Background and rationale

The need for evidence-based decision-making in the health sector is well understood in the global health community [1, 2]. Such understanding was recognized as early as the 1970s in the United Kingdom [3], and in the 1990s for low- and middle-income countries [4]. Growing global attention on the need to use evidence for decision-making led to the 2004 Mexico Summit declaration, which called on governments “to establish sustainable programmes to support evidence-based public health and health-care delivery systems, and evidence-based health-related policies” [2]. Nevertheless, a gap persists between the availability of evidence and the use of that evidence. This represents a significant missed opportunity in poor utilization of research, but more importantly, in lost potential towards improving population health outcomes.

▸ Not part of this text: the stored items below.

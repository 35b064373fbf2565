//! The promises of a board on threads, beside an operator's console.
//! A law runs nothing, and tells the prover a fact: `content_determines_state`.
ghost use Rattle.std.specs.Prelude.{◌≡◌, ◌≤◌, ℕ, List, false, None, IfOk, [], length, take};
ghost use Rattle.board_model.specs.Durable.{Change, DurableState, fold};
ghost use Rattle.board_model.specs.Shapes.{Size};
ghost use Rattle.board.specs.Moments.{commands_by};
ghost use Rattle.board_session.specs.Commands.{party};
ghost use Rattle.board_session.specs.Dialogues.{dialogue_ends, output_of};
ghost use Rattle.board_session.specs.Sessions.{TalksIf};
ghost use Rattle.hart_threads.specs.Heard.{heard_nothing};
ghost use Rattle.hart_threads.specs.Since.{IsOfFirst, sent};
ghost use Rattle.board_files.specs.Files.{IfKnown};
ghost use Rattle.disk.specs.Facts.{Content};
ghost use Rattle.store.specs.Leaves.{IsIdle, LeavesOnly};
ghost use Rattle.store.specs.Standing.{StandsFor};
ghost use Rattle.store.specs.Views.{disk_of, found_state};
ghost use Rattle.theorem.specs.Sessions.{FindsSession, IsCutAnywhere, KeepsJournal, KeepsSession};

use board::Payloads;
use board_files::{FileDisk, Filed, SectorFile};
use board_model::Refusal;
use board_session::{ConsoleHeard, Left, Options, SessionEnd, Streams, session};
use disk::Disk;
use hart_threads::HartEnd;
use simdisk::{Fill, SimDisk};
use std::alloc::Global;
use std::io::{Read, Write};
use std::sync::Wait;
use std::thread::Threads;
use store::{Store, content_determines_state};

/// *Is kept what was acknowledged?* Of a session whose console was begun, over a disk whose bytes stand for the state s, whatever order
/// harts, console and savers run in. It has one journal: what its boot issued, and then the commands that were acknowledged to the console
/// and to harts, each at the place of its receipt, and no other. A crash leaves what they make of s, or with a command in doubt that or
/// the state after it; and at each moment of the session, within a command and within a call of the disk too, what some first of them
/// make, with all that had been acknowledged by then. A command is in doubt only where the disk failed in the session. It is the one that
/// the console has in doubt, which was answered 6; or, where the console has none, a reset or a suspension that a call of a hart asks for.
pub fn a_session_keeps<
    R: Threads + Wait + Sync,
    D: Disk + Drop + Send,
    I: Read + Drop,
    W: Write + Drop,
>(
    rt: &R,
    alloc: Global,
    options: &Options,
    disk: D,
    payloads: &Payloads,
    streams: Streams<I, W>,
) -> SessionEnd<D, I, W>
    requires { IsIdle (D.facts disk) }
    ensures { (size : Size) (s : DurableState) → options.now.new ≡ false → StandsFor (D.facts disk).content size s
        → (result.console_left ≡ None → ⊥) → KeepsJournal size s (commands_by options.now.mode s) (D.facts disk)
        (D.facts result.disk) result.moments.at result.heard }
{
    a_session_answers(rt, alloc, options, disk, payloads, streams)
}

/// *What does the console answer?* The same, and what was read and answered is of that journal: each line has its answer, in order, and
/// each `ok N` has its command at the place N (`TalksIf`). What the harts did [`session`] says, clause `ended`.
pub fn a_session_answers<
    R: Threads + Wait + Sync,
    D: Disk + Drop + Send,
    I: Read + Drop,
    W: Write + Drop,
>(
    rt: &R,
    alloc: Global,
    options: &Options,
    disk: D,
    payloads: &Payloads,
    streams: Streams<I, W>,
) -> SessionEnd<D, I, W>
    requires { IsIdle (D.facts disk) }
    ensures { (size : Size) (s : DurableState) → options.now.new ≡ false → StandsFor (D.facts disk).content size s
        → (result.console_left ≡ None → ⊥) → (kept : KeepsJournal size s (commands_by options.now.mode s) (D.facts disk)
        (D.facts result.disk) result.moments.at result.heard)
        × TalksIf s (commands_by options.now.mode s) result.console_left
        (dialogue_ends (I.remaining streams.input) (output_of W.contents streams.out) (party [] heard_nothing))
        (dialogue_ends (I.remaining result.streams.input) (output_of W.contents result.streams.out)
        (party kept.console result.heard)) }
{
    content_determines_state();
    session(rt, alloc, options, disk, payloads, streams)
}

/// *Wherever power fails while a session runs.* The same, over a disk that stands for the state s alone: each content that a crash has
/// left at some moment of the session, within a command and within a call of the disk too, stands for what some first commands of that
/// journal make of s, or these and the one in doubt (`IsCutAnywhere`). All are among them that had been acknowledged by then: from the
/// moment of each receipt on, which the shared store notes as it makes the receipt, each command up to that one (`KeepsJournal`).
pub fn a_session_cut_anywhere<
    R: Threads + Wait + Sync,
    D: Disk + Drop + Send,
    I: Read + Drop,
    W: Write + Drop,
>(
    rt: &R,
    alloc: Global,
    options: &Options,
    disk: D,
    payloads: &Payloads,
    streams: Streams<I, W>,
) -> SessionEnd<D, I, W>
    requires { IsIdle (D.facts disk) }
    ensures { (size : Size) (s : DurableState) → options.now.new ≡ false → StandsFor (D.facts disk).content size s
        → LeavesOnly (D.facts disk) size s → (result.console_left ≡ None → ⊥)
        → (kept : KeepsJournal size s (commands_by options.now.mode s) (D.facts disk) (D.facts result.disk) result.moments.at result.heard)
        × TalksIf s (commands_by options.now.mode s) result.console_left
        (dialogue_ends (I.remaining streams.input) (output_of W.contents streams.out) (party [] heard_nothing))
        (dialogue_ends (I.remaining result.streams.input) (output_of W.contents result.streams.out)
        (party kept.console result.heard))
        × IsCutAnywhere size s (sent kept.life.journal kept.life.doubt) (D.facts disk) (D.facts result.disk) }
{
    content_determines_state();
    crashes_now(&disk);
    a_session_answers(rt, alloc, options, disk, payloads, streams)
}

/// *Wherever the process of a session is killed, or its host crashes, whose disk is kept in a file* (`sbiboard --sync`). The same holds of
/// the file: each content that a crash has left in it at some moment of the session, within a call of the file too, is of some first
/// commands, with all that had been acknowledged by then; and what it leaves at the end, of all of them (`KeepsSession`). That is so of
/// any file which does what [`SectorFile`](board_files::SectorFile) says of it; of a file of the system nothing is known (`IfKnown`).
pub fn a_session_in_a_file_cut_anywhere<
    R: Threads + Wait + Sync,
    F: SectorFile + Drop + Send,
    I: Read + Drop,
    W: Write + Drop,
>(
    rt: &R,
    alloc: Global,
    options: &Options,
    disk: FileDisk<F>,
    payloads: &Payloads,
    streams: Streams<I, W>,
) -> SessionEnd<FileDisk<F>, I, W>
    requires { IsIdle (⟦<FileDisk<F> as Disk>⟧.facts disk) }
    ensures { (size : Size) (s : DurableState) → options.now.new ≡ false
        → StandsFor (⟦<FileDisk<F> as Disk>⟧.facts disk).content size s
        → LeavesOnly (⟦<FileDisk<F> as Disk>⟧.facts disk) size s → (result.console_left ≡ None → ⊥)
        → (kept : KeepsJournal size s (commands_by options.now.mode s) (⟦<FileDisk<F> as Disk>⟧.facts disk)
        (⟦<FileDisk<F> as Disk>⟧.facts result.disk) result.moments.at result.heard)
        × TalksIf s (commands_by options.now.mode s) result.console_left
        (dialogue_ends (I.remaining streams.input) (output_of W.contents streams.out) (party [] heard_nothing))
        (dialogue_ends (I.remaining result.streams.input) (output_of W.contents result.streams.out)
        (party kept.console result.heard))
        × IfKnown (⟦<FileDisk<F> as Filed>⟧.file result.disk) (KeepsSession size s (sent kept.life.journal kept.life.doubt)
        (length (commands_by options.now.mode s)) (length kept.life.journal) (⟦<FileDisk<F> as Disk>⟧.facts disk).moment
        (⟦<FileDisk<F> as Disk>⟧.facts result.disk) result.moments.at) }
{
    let end = a_session_cut_anywhere(rt, alloc, options, disk, payloads, streams);
    crashes_now(&end.disk);
    end.disk.stands();
    end
}

/// What holds of each disk: what a crash has left since this moment, it may leave now; and what it may leave now, it may have left since
/// each earlier one.
fn crashes_now<D: Disk>(disk: &D)
    ensures only { (c : Content) → (D.facts disk.now).since (D.facts disk.now).moment c → (D.facts disk.now).may_leave c }
    ensures counts { (t : ℕ) (c : Content) → t ≤ (D.facts disk.now).moment → (D.facts disk.now).may_leave c
        → (D.facts disk.now).since t c }
{
    let _ = disk;
}

/// *And the next open finds it.* Where the bytes of a disk, as a crash left them, stand for what some first of these commands make of s,
/// with so many of them at least, an open that answers Ok finds that state. An image of it is the one of the last suspension among
/// them, with its memory.
pub fn an_open_finds_some_first<D: Disk + Drop>(
    alloc: Global,
    left: D,
) -> Result<Store<D>, (D, Refusal)>
    requires { IsIdle (D.facts left) }
    ensures { (size : Size) (s : DurableState) (commands : List Change) (least : ℕ)
        → ∥ IsOfFirst size s commands least (D.facts left).content ∥₁ → IfOk result (λ next. ∥ ((k : ℕ) × (least ≤ k)
        × (k ≤ length commands) × (found_state next ≡ fold s (take k commands))) ∥₁) }
{
    content_determines_state();
    Store::open(alloc, left)
}

/// What a session gives back but for its disk.
#[derive(Drop)]
pub struct SessionSaid<I: Read + Drop, W: Write + Drop> {
    /// Why it was refused, if it was.
    pub ran: Result<(), Refusal>,
    /// What the console left of its input, and its output.
    pub streams: Streams<I, W>,
    /// Why the console left; `None` where it was not begun.
    pub console_left: Option<Left>,
    /// What the console heard of the store beside its receipts.
    pub heard: ConsoleHeard,
    /// The harts as their loops ended.
    pub harts: Vec<HartEnd>,
}

/// *A session as one run of a disk in memory.* A session has ended, power fails, and the next cold boot finds what the
/// acknowledged commands make of s, or these and the one in doubt, where the disk failed.
pub fn power_lost_between_sessions<R: Threads + Wait + Sync, I: Read + Drop, W: Write + Drop>(
    rt: &R,
    alloc: Global,
    options: &Options,
    disk: SimDisk,
    payloads: &Payloads,
    streams: Streams<I, W>,
    fill: Fill,
) -> (
    SessionSaid<I, W>,
    Result<Store<SimDisk>, (SimDisk, Refusal)>,
)
    requires { IsIdle (⟦<SimDisk as Disk>⟧.facts disk) }
    ensures { (size : Size) (s : DurableState) → options.now.new ≡ false
        → StandsFor (⟦<SimDisk as Disk>⟧.facts disk).content size s → (result.0.console_left ≡ None → ⊥)
        → IfOk result.1 (λ next. FindsSession size s options.now.mode
        (⟦<SimDisk as Disk>⟧.facts disk).failures (disk_of next).failures result.0.console_left
        (dialogue_ends (I.remaining streams.input) (output_of W.contents streams.out) (party [] heard_nothing))
        (I.remaining result.0.streams.input) (output_of W.contents result.0.streams.out) result.0.heard (found_state next)) }
{
    content_determines_state();
    let SessionEnd {
        disk,
        ran,
        streams,
        console_left,
        heard,
        harts,
        moments: _,
    } = session(rt, alloc, options, disk, payloads, streams);
    let said = SessionSaid {
        ran,
        streams,
        console_left,
        heard,
        harts,
    };
    (said, Store::open(alloc, disk.after_cut(fill)))
}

Much research already exists on evidence uptake. A 2014 systematic review looking at facilitators and barriers to uptake of evidence in policymaking, describes an “explosion of research in the area” [5], and increased attention has led to more studies on the matter. The barriers cited in this review include: [1] “availability and access to research” and “improved dissemination”, [2] “clarity”, “relevance” or “reliability of research findings”, [3] “having no time or opportunity to use research”, [4] “policymakers and other users’” lack of “research skills”, and [5] personnel and other “costs”. Conversely, the cited facilitators were: [1] “availability and access to research”, [2] “collaboration between researchers and policymakers”, [3] “clarity”, “reliability” and “relevance of research findings”, [4] research evidence “relationship with policymakers”, and [5] research evidence “relationship with researchers”. These findings are consistent with those found elsewhere [1, 6,7,8], and most have also been found in Mozambique [9,10,11,12]. However, most research on evidence-based decision-making has been carried out in higher-income settings, and most studies look at policymaking rather than decision-making more broadly.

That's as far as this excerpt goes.